Cribbage Tuesdays and Fridays 10:00 a.m. – noon. Come when you can, stay as long as you are able.
Yoga Tuesdays and Fridays 2 sessions each day: 1st one @ 9:00a.m. and 2nd one @ 10:00 a.m. Call the library for more information. 515.523.2152
Summer Library Program Monday July 14th @ 10:00 a.m. at the Stuart Sports Complex. Color Run & Water Play. We suggest you wear old clothes that can get messy.
Books & Badges Wednesday, July 16th @ 10:00 a.m. Christmas in July! Yes, it is on Wednesday!
Poetry Club Wednesday, July 16th 1:00 p.m.
Teen Time Wednesday’s 3:00 – 5:00 pm. Perler Beads
Mark your calendars for the PALS 3rd Annual Bar Crawl, Saturday, July 26th @ 10:00 p.m. We still need bakers, so call the library to register.
Monday, July 28th Last day to turn in Summer Library Program Reading Logs.
PALS meeting Monday, July 28th @ 6:00 p.m.
New Books
Austin at Sea by Natalie Jenner. In Boston, 1865, Charlotte and Henrietta Stevenson, daughters of a Massachusetts Supreme Court Justice, have accomplished as much as women are allowed in those days. Chafing against those restrictions and inspired by the works of Jane Austen, they start a secret correspondence with Sir Francis Austen, her last surviving brother, now in his nineties.

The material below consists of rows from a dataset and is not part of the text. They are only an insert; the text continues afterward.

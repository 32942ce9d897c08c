//! Preparing a folder.
ghost use Rattle.std.specs.Prelude.{◌<◌, ◌≡◌, All, IfOk, length};
ghost use Rattle.std.specs.List.{AllZip};
ghost use Rattle.std.specs.Map.{keys_of};
ghost use Rattle.wap_cli.specs.prepare.Reports.{IsEntry, report};
ghost use Rattle.wap_cli.specs.prepare.Fetching.{AsksForAll};
ghost use Rattle.wap_cli.specs.prepare.Preparing.{Prepares};
ghost use Rattle.wap_cli.specs.prepare.inside.Jobs.{IsRight};
ghost use Rattle.wap_cli.specs.Writing.{PutsTo};

use crate::Status;
use crate::prepare::fetching::fetch_all;
use crate::prepare::job::Job;
use crate::prepare::judging::{Judging, all_answers};
use crate::prepare::report::report_on;
use std::alloc::Global;
use std::marker::Sync;
use std::thread::Threads;
use wap_base::{NoMemory, Text};
use wap_devices::{Failed, Gate, Sink, Store, StoreErr, write_all};
use wap_folder::run_jobs;
use wap_pages::PageFault;

/// How many pages each worker is given at a time.
const PAGES_EACH: usize = 16;

/// What each page is judged that a store answered.
fn judge_pages<R: Threads + Sync, G: Gate + Sync>(
    rt: &R,
    alloc: Global,
    jobs: &[Job],
    workers: u8,
    gate: &G,
) -> Result<Vec<(Text, Option<PageFault>)>, NoMemory>
    requires { 0 < workers }
    ensures { IfOk result (λ entries. AllZip IsRight jobs.now entries.items) }
{
    let work = Judging { alloc };
    let answers = run_jobs(rt, alloc, &work, jobs, workers, gate)?;
    all_answers(alloc, answers)
}

/// What the page of each of some names is judged. So many workers share the pages.
fn judge_some<R: Threads + Sync, S: Store, G: Gate + Sync>(
    rt: &R,
    alloc: Global,
    store: &mut S,
    names: &[Text],
    workers: u8,
    gate: &G,
) -> Result<Vec<(Text, Option<PageFault>)>, StoreErr>
    requires { 0 < workers }
    ensures names { IfOk result (λ entries. keys_of entries.items ≡ names.now) }
    ensures right { IfOk result (λ entries. All (IsEntry (S.seen store.new).known)
        entries.items) }
    ensures asks { AsksForAll (length names.now) (S.seen store.old) (S.seen store.new) result }
{
    let jobs = match fetch_all(alloc, store, names) {
        Ok(jobs) => jobs,
        Err(fault) => return Err(fault),
    };
    match judge_pages(rt, alloc, &jobs, workers, gate) {
        Ok(entries) => Ok(entries),
        Err(NoMemory) => Err(StoreErr::NoMemory),
    }
}

/// What the page of each name is judged. The pages are fetched and judged in parts, one after the
/// other, so that no more of them are in memory than those of one part.
fn judge_all<R: Threads + Sync, S: Store, G: Gate + Sync>(
    rt: &R,
    alloc: Global,
    store: &mut S,
    names: &[Text],
    workers: u8,
    gate: &G,
) -> Result<Vec<(Text, Option<PageFault>)>, StoreErr>
    requires { 0 < workers }
    ensures names { IfOk result (λ entries. keys_of entries.items ≡ names.now) }
    ensures right { IfOk result (λ entries. All (IsEntry (S.seen store.new).known)
        entries.items) }
    ensures asks { AsksForAll (length names.now) (S.seen store.old) (S.seen store.new) result }
{
    let most = PAGES_EACH * usize::from(workers);
    let mut entries = Vec::new(alloc);
    let mut left = names;
    while !left.is_empty() {
        let (some, rest) = left.split_at(most.min(left.len()));
        match judge_some(rt, alloc, store, some, workers, gate) {
            Ok(mut more) => entries.append(&mut more)?,
            Err(fault) => return Err(fault),
        }
        left = rest;
    }
    Ok(entries)
}

/// Writes the report on these pages.
fn write_report<O: Sink>(
    alloc: Global,
    entries: &[(Text, Option<PageFault>)],
    out: &mut O,
) -> Status
    ensures { PutsTo (report entries.now) (O.seen out.old) (O.seen out.new) result }
{
    let Ok(text) = report_on(alloc, entries) else {
        return Status::NoMemory;
    };
    match write_all(out, text.as_slice()) {
        Ok(()) => Status::Done,
        Err(Failed) => Status::WriteFault,
    }
}

/// Judges all pages of the store, and writes the report on them once all are judged. So many
/// workers share the pages.
///
/// The status is `Done` also where pages are refused, and `WriteFault` where a prefix of the report
/// was written. With `StoreFault` and `NoMemory` nothing is, and no other status comes.
pub fn prepare<R: Threads + Sync, S: Store, O: Sink, G: Gate + Sync>(
    rt: &R,
    alloc: Global,
    store: &mut S,
    workers: u8,
    gate: &G,
    out: &mut O,
) -> Status
    requires { 0 < workers }
    ensures { Prepares (S.seen store.old) (S.seen store.new) (O.seen out.old) (O.seen out.new)
        result }
{
    let names = match store.list() {
        Ok(names) => names,
        Err(StoreErr::Failed) => return Status::StoreFault,
        Err(StoreErr::NoMemory) => return Status::NoMemory,
    };
    match judge_all(rt, alloc, store, &names, workers, gate) {
        Ok(entries) => write_report(alloc, &entries, out),
        Err(StoreErr::Failed) => Status::StoreFault,
        Err(StoreErr::NoMemory) => Status::NoMemory,
    }
}
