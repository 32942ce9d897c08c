//! Whether lengths and numbers are written in four bytes.
ghost use Rattle.std.specs.Prelude.{◌≡◌};
ghost use Rattle.std.specs.List.{list_all};
ghost use Rattle.wap_image.specs.Rules.{is_short_number, is_short_text, is_short_variable};
ghost use Rattle.wap_image.specs.Rules.{is_short_entry, are_short};

use crate::context_parts::ContextParts;
use wap_base::Text;

/// Whether each name, each URL and each number of a card is written in four bytes.
pub(crate) fn are_short(parts: &ContextParts) -> bool
    ensures { result ≡ are_short parts.now }
{
    are_short_variables(parts.vars.as_slice()) && are_short_entries(parts.history.as_slice())
}

fn are_short_variables(variables: &[(Text, Text)]) -> bool
    ensures { result ≡ list_all is_short_variable variables.now }
{
    variables.iter().all(|variable| is_short_text(&variable.0))
}

fn are_short_entries(entries: &[(Text, usize)]) -> bool
    ensures { result ≡ list_all is_short_entry entries.now }
{
    entries.iter().all(|entry| is_short_text(&entry.0) && is_short_number(entry.1))
}

fn is_short_text(text: &Text) -> bool
    ensures { result ≡ is_short_text text.now }
{
    is_short_number(text.as_str().len())
}

fn is_short_number(number: usize) -> bool
    ensures { result ≡ is_short_number number }
{
    number < 0x1_0000_0000
}
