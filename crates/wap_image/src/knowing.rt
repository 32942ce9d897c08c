//! What is known of values because programs have them: texts are of characters, and numbers have
//! so many bits.
ghost use Rattle.std.specs.Prelude.{◌<◌, ◌^◌};
ghost use Rattle.std.specs.List.{AllByRecursion};
ghost use Rattle.wap_image.specs.inside.Fitting.{FitsTimer, OfVariable, OfEntry};

use crate::context_parts::SavedTimer;
use wap_base::Text;

/// A number of 32 bits is below their power.
pub(crate) fn know_number(number: u32)
    ensures { number < 2 ^ 32 }
{
    let _known = number;
}

/// So is the time that is left to a timer.
pub(crate) fn know_timer(timer: SavedTimer)
    ensures { FitsTimer timer }
{
    if let SavedTimer::Running(tenths) = timer {
        know_number(tenths);
    }
}

/// The texts of a variable are of characters.
fn know_variable(variable: &(Text, Text))
    ensures { OfVariable variable.now }
{
    let _name = variable.0.as_str();
    let _value = variable.1.as_str();
}

/// The texts of variables are of characters.
pub(crate) fn know_variables(variables: &[(Text, Text)])
    ensures { AllByRecursion OfVariable variables.now }
{
    for variable in variables {
        know_variable(variable);
    }
}

/// The URL of an entry is of characters.
fn know_entry(entry: &(Text, usize))
    ensures { OfEntry entry.now }
{
    let _url = entry.0.as_str();
}

/// The URLs of entries are of characters.
pub(crate) fn know_entries(entries: &[(Text, usize)])
    ensures { AllByRecursion OfEntry entries.now }
{
    for entry in entries {
        know_entry(entry);
    }
}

Beach House Rules by Kristy Woodson Harvey. When Charlotte Sitterly’s husband is arrested for a white-collar crime, she and her daughter Iris are locked out of their house by the FBI — and what’s potentially even worse — thrust into the spotlight of the town’s snarky anonymous Instagram account. Cut off from her bank accounts and feeling desperate, Charlotte takes up an acquaintance’s offer to stay at a beachfront former bed-and-breakfast that’s home to a community of single mothers and draws plenty of gossip in the small coastal North Carolina town.
Household Faith: Insights & Musings from Mom-hood by Judith Kay. Household Faith is faith discovered in the midst of everyday living. It is honesty, questions, and second-guesses, with a few answers along the way. It is the realization that life isn’t perfect. It is the laughter of a moment. It is understanding that children are our best teachers. It is the sleepless nights and the pure exhaustion of parenthood. But mostly, it weaves the questions into answers, the tears into joy, and the memories into our soul.
Lethal Prey by John Sandford. Doris Grandfelt, an employee at an accounting firm, was brutally stabbed to death. … Her body was found the next night, dumped among a dense thicket of trees along the edge of an urban park. Despite her twin sister Lara Grandfelt’s persistent calls to the Bureau of Criminal Apprehension, the killer was never found. Twenty years later, Lara has been diagnosed with breast cancer. Confronted with the possibility of her own death, she’s determined to find Doris’s killer once and for all.
A Mind of Her Own by Danielle Steel. Alexandra Bouvier is born in Paris in 1900, at the dawn of a new century. From an early age, she is encouraged to think for herself by her enlightened family: her father, a French doctor; her mother, an American nurse; and her maternal grandfather a highly regarded newspaperman back in the Midwest. As it turns out, Alex has good reason to be cautious.
The Seed Keeper by Diane Wilson. Rosalie Iron Wing has grown up in the woods with her father, Ray, a former science teacher who tells her stories of plants, of the stars, of the origins of the Dakota people. Until, one morning, Ray doesn’t return from checking his traps. Told she has no family, Rosalie is sent to live with a foster family in nearby Mankato – where the reserved, bookish teenager meets rebellious Gaby Makespeace, in a friendship that transcends the damaged legacies they’ve inherited.